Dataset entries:
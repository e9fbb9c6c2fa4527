//! The port of a unit on the register ring.

ghost use Rattle.std.specs.Prelude.{◌≡◌, ℕ, ◌<◌, ◌↔◌, None, IsSome, IsTrue, is_some, MatchResult};
ghost use Rattle.std.specs.List.{list_any};
ghost use Rattle.mips_instructions.specs.Words.{has};
ghost use Rattle.machine_model.specs.Unit.{put};
ghost use Rattle.machine_model.specs.Burst.{AllIn};
ghost use Rattle.register_ring.specs.Held.{no_pairs, put_first};
ghost use Rattle.register_ring.specs.Ports.{arrived_of, sent_of, arrived_fresh, filled_with, passed};

use crate::held::RegisterWords;
use mips_instructions::number::{Reg, RegSet};
use std::marker::Model;

/// The error of a register that has arrived before: it doesn't arrive again.
#[derive(Clone, Copy, Debug, PartialEq, Eq)]
pub struct AlreadyThere;

/// A unit's port on the ring: the registers that arrived from the unit before it, and those that it sent, with
/// at most one word for each.
#[derive(Clone, Copy, Debug)]
pub struct Port {
    arrived: RegisterWords,
    sent: RegisterWords,
}

impl Model for Port {
    ghost use Rattle.register_ring.specs.Ports.{Ports};

    ghost Value = { Ports };

    ghost view = { λ p. record { arrived = p.arrived; sent = p.sent } };

    ghost inverse = { λ p. record { arrived = p.arrived; sent = p.sent } };
}

impl Port {
    /// The port of a unit that begins: each register outside the accumulated mask has arrived with its word,
    /// element r of `words` for register r, and nothing is sent.
    #[inline(always)]
    pub fn fresh(words: &[u32; 34], accum: RegSet) -> Port
        ensures arrived { arrived_of result ≡ arrived_fresh words.now accum }
        ensures sent { sent_of result ≡ no_pairs }
    {
        Port {
            arrived: RegisterWords::all_but(words, accum),
            sent: RegisterWords::none(),
        }
    }

    /// A register arrives from the unit before this one with a word.
    ///
    /// # Errors
    ///
    /// `AlreadyThere` where it has arrived before; nothing is changed then.
    #[inline]
    pub fn arrive(&mut self, register: Reg, word: u32) -> Result<(), AlreadyThere>
        ensures { MatchResult result
            (λ done. (arrived_of self.old register ≡ None)
            × (arrived_of self.new ≡ put register word (arrived_of self.old))
            × (sent_of self.new ≡ sent_of self.old))
            (λ fault. IsSome (arrived_of self.old register) × (self.new ≡ self.old)) }
    {
        if self.arrived.set().has(register) {
            return Err(AlreadyThere);
        }
        self.arrived.put(register, word);
        Ok(())
    }

    /// Sends a register with a word, unless it was sent before: then the first word stays.
    #[inline]
    pub fn send(&mut self, register: Reg, word: u32)
        ensures sent { sent_of self.new ≡ put_first register word (sent_of self.old) }
        ensures arrived { arrived_of self.new ≡ arrived_of self.old }
    {
        if !self.sent.set().has(register) {
            self.sent.put(register, word);
        }
    }

    /// The word that the next unit can take for a register: what was sent, if the register is in the create
    /// mask, else what arrived; `None` where there is none yet.
    #[inline]
    pub fn pass(&self, create: RegSet, register: Reg) -> Option<u32>
        ensures { result ≡ passed create self.now register }
    {
        if create.has(register) {
            self.sent(register)
        } else {
            self.arrived(register)
        }
    }

    /// Each register that has not arrived arrives, register r with element r of `words`.
    pub fn fill(&mut self, words: &[u32; 34])
        ensures arrived { arrived_of self.new ≡ filled_with words.now (arrived_of self.old) }
        ensures sent { sent_of self.new ≡ sent_of self.old }
    {
        self.arrived.fill(words);
    }

    /// The word with which a register arrived; `None` where it has not.
    #[inline]
    pub fn arrived(&self, register: Reg) -> Option<u32>
        ensures { result ≡ arrived_of self.now register }
    {
        self.arrived.get(register)
    }

    /// The word with which a register was sent; `None` where it was not.
    #[inline]
    pub fn sent(&self, register: Reg) -> Option<u32>
        ensures { result ≡ sent_of self.now register }
    {
        self.sent.get(register)
    }

    /// The registers that have arrived.
    #[inline]
    pub fn arrived_set(&self) -> RegSet
        ensures members { (r : ℕ) → r < 34 → has result r ≡ is_some (arrived_of self.now r) }
    {
        self.arrived.set()
    }

    /// The registers that were sent.
    #[inline]
    pub fn sent_set(&self) -> RegSet
        ensures members { (r : ℕ) → has result r ≡ is_some (sent_of self.now r) }
    {
        self.sent.set()
    }

    /// Replaces what this port sent with what another port sent; what arrived stays.
    #[inline]
    pub fn take_sent(&mut self, other: &Port)
        ensures arrived { arrived_of self.new ≡ arrived_of self.old }
        ensures sent { sent_of self.new ≡ sent_of other.now }
    {
        self.sent = other.sent;
    }

    /// Whether each register that has arrived here has arrived there with the same word, and both have sent the
    /// same words.
    pub fn is_within(&self, other: &Port) -> bool
        ensures { IsTrue result ↔ (AllIn (arrived_of self.now) (arrived_of other.now) × (sent_of self.now ≡ sent_of other.now)) }
    {
        let _ = self.arrived.set();
        if !self.arrived.is_within(&other.arrived) {
            return false;
        }
        self.sent.is_same(&other.sent)
    }

    /// The accumulated mask: the union of these create masks.
    pub fn accum(masks: &[RegSet]) -> RegSet
        ensures { (r : ℕ) → has result r ≡ list_any (λ mask. has mask r) masks.now }
    {
        let mut accum = RegSet::empty();
        for mask in masks {
            accum = accum.union(*mask);
        }
        accum
    }
}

WORK INSTRUCTIONS: Write out each entry again, leaving every word as it is.

TASK SOLUTION:
repository e9fbb9c6c2fa4527
//! The port of a unit on the register ring.

ghost use Rattle.std.specs.Prelude.{◌≡◌, ℕ, ◌<◌, ◌↔◌, None, IsSome, IsTrue, is_some, MatchResult};
ghost use Rattle.std.specs.List.{list_any};
ghost use Rattle.mips_instructions.specs.Words.{has};
ghost use Rattle.machine_model.specs.Unit.{put};
ghost use Rattle.machine_model.specs.Burst.{AllIn};
ghost use Rattle.register_ring.specs.Held.{no_pairs, put_first};
ghost use Rattle.register_ring.specs.Ports.{arrived_of, sent_of, arrived_fresh, filled_with, passed};

use crate::held::RegisterWords;
use mips_instructions::number::{Reg, RegSet};
use std::marker::Model;

/// The error of a register that has arrived before: it doesn't arrive again.
#[derive(Clone, Copy, Debug, PartialEq, Eq)]
pub struct AlreadyThere;

/// A unit's port on the ring: the registers that arrived from the unit before it, and those that it sent, with
/// at most one word for each.
#[derive(Clone, Copy, Debug)]
pub struct Port {
    arrived: RegisterWords,
    sent: RegisterWords,
}

impl Model for Port {
    ghost use Rattle.register_ring.specs.Ports.{Ports};

    ghost Value = { Ports };

    ghost view = { λ p. record { arrived = p.arrived; sent = p.sent } };

    ghost inverse = { λ p. record { arrived = p.arrived; sent = p.sent } };
}

impl Port {
    /// The port of a unit that begins: each register outside the accumulated mask has arrived with its word,
    /// element r of `words` for register r, and nothing is sent.
    #[inline(always)]
    pub fn fresh(words: &[u32; 34], accum: RegSet) -> Port
        ensures arrived { arrived_of result ≡ arrived_fresh words.now accum }
        ensures sent { sent_of result ≡ no_pairs }
    {
        Port {
            arrived: RegisterWords::all_but(words, accum),
            sent: RegisterWords::none(),
        }
    }

    /// A register arrives from the unit before this one with a word.
    ///
    /// # Errors
    ///
    /// `AlreadyThere` where it has arrived before; nothing is changed then.
    #[inline]
    pub fn arrive(&mut self, register: Reg, word: u32) -> Result<(), AlreadyThere>
        ensures { MatchResult result
            (λ done. (arrived_of self.old register ≡ None)
            × (arrived_of self.new ≡ put register word (arrived_of self.old))
            × (sent_of self.new ≡ sent_of self.old))
            (λ fault. IsSome (arrived_of self.old register) × (self.new ≡ self.old)) }
    {
        if self.arrived.set().has(register) {
            return Err(AlreadyThere);
        }
        self.arrived.put(register, word);
        Ok(())
    }

    /// Sends a register with a word, unless it was sent before: then the first word stays.
    #[inline]
    pub fn send(&mut self, register: Reg, word: u32)
        ensures sent { sent_of self.new ≡ put_first register word (sent_of self.old) }
        ensures arrived { arrived_of self.new ≡ arrived_of self.old }
    {
        if !self.sent.set().has(register) {
            self.sent.put(register, word);
        }
    }

    /// The word that the next unit can take for a register: what was sent, if the register is in the create
    /// mask, else what arrived; `None` where there is none yet.
    #[inline]
    pub fn pass(&self, create: RegSet, register: Reg) -> Option<u32>
        ensures { result ≡ passed create self.now register }
    {
        if create.has(register) {
            self.sent(register)
        } else {
            self.arrived(register)
        }
    }

    /// Each register that has not arrived arrives, register r with element r of `words`.
    pub fn fill(&mut self, words: &[u32; 34])
        ensures arrived { arrived_of self.new ≡ filled_with words.now (arrived_of self.old) }
        ensures sent { sent_of self.new ≡ sent_of self.old }
    {
        self.arrived.fill(words);
    }

    /// The word with which a register arrived; `None` where it has not.
    #[inline]
    pub fn arrived(&self, register: Reg) -> Option<u32>
        ensures { result ≡ arrived_of self.now register }
    {
        self.arrived.get(register)
    }

    /// The word with which a register was sent; `None` where it was not.
    #[inline]
    pub fn sent(&self, register: Reg) -> Option<u32>
        ensures { result ≡ sent_of self.now register }
    {
        self.sent.get(register)
    }

    /// The registers that have arrived.
    #[inline]
    pub fn arrived_set(&self) -> RegSet
        ensures members { (r : ℕ) → r < 34 → has result r ≡ is_some (arrived_of self.now r) }
    {
        self.arrived.set()
    }

    /// The registers that were sent.
    #[inline]
    pub fn sent_set(&self) -> RegSet
        ensures members { (r : ℕ) → has result r ≡ is_some (sent_of self.now r) }
    {
        self.sent.set()
    }

    /// Replaces what this port sent with what another port sent; what arrived stays.
    #[inline]
    pub fn take_sent(&mut self, other: &Port)
        ensures arrived { arrived_of self.new ≡ arrived_of self.old }
        ensures sent { sent_of self.new ≡ sent_of other.now }
    {
        self.sent = other.sent;
    }

    /// Whether each register that has arrived here has arrived there with the same word, and both have sent the
    /// same words.
    pub fn is_within(&self, other: &Port) -> bool
        ensures { IsTrue result ↔ (AllIn (arrived_of self.now) (arrived_of other.now) × (sent_of self.now ≡ sent_of other.now)) }
    {
        let _ = self.arrived.set();
        if !self.arrived.is_within(&other.arrived) {
            return false;
        }
        self.sent.is_same(&other.sent)
    }

    /// The accumulated mask: the union of these create masks.
    pub fn accum(masks: &[RegSet]) -> RegSet
        ensures { (r : ℕ) → has result r ≡ list_any (λ mask. has mask r) masks.now }
    {
        let mut accum = RegSet::empty();
        for mask in masks {
            accum = accum.union(*mask);
        }
        accum
    }
}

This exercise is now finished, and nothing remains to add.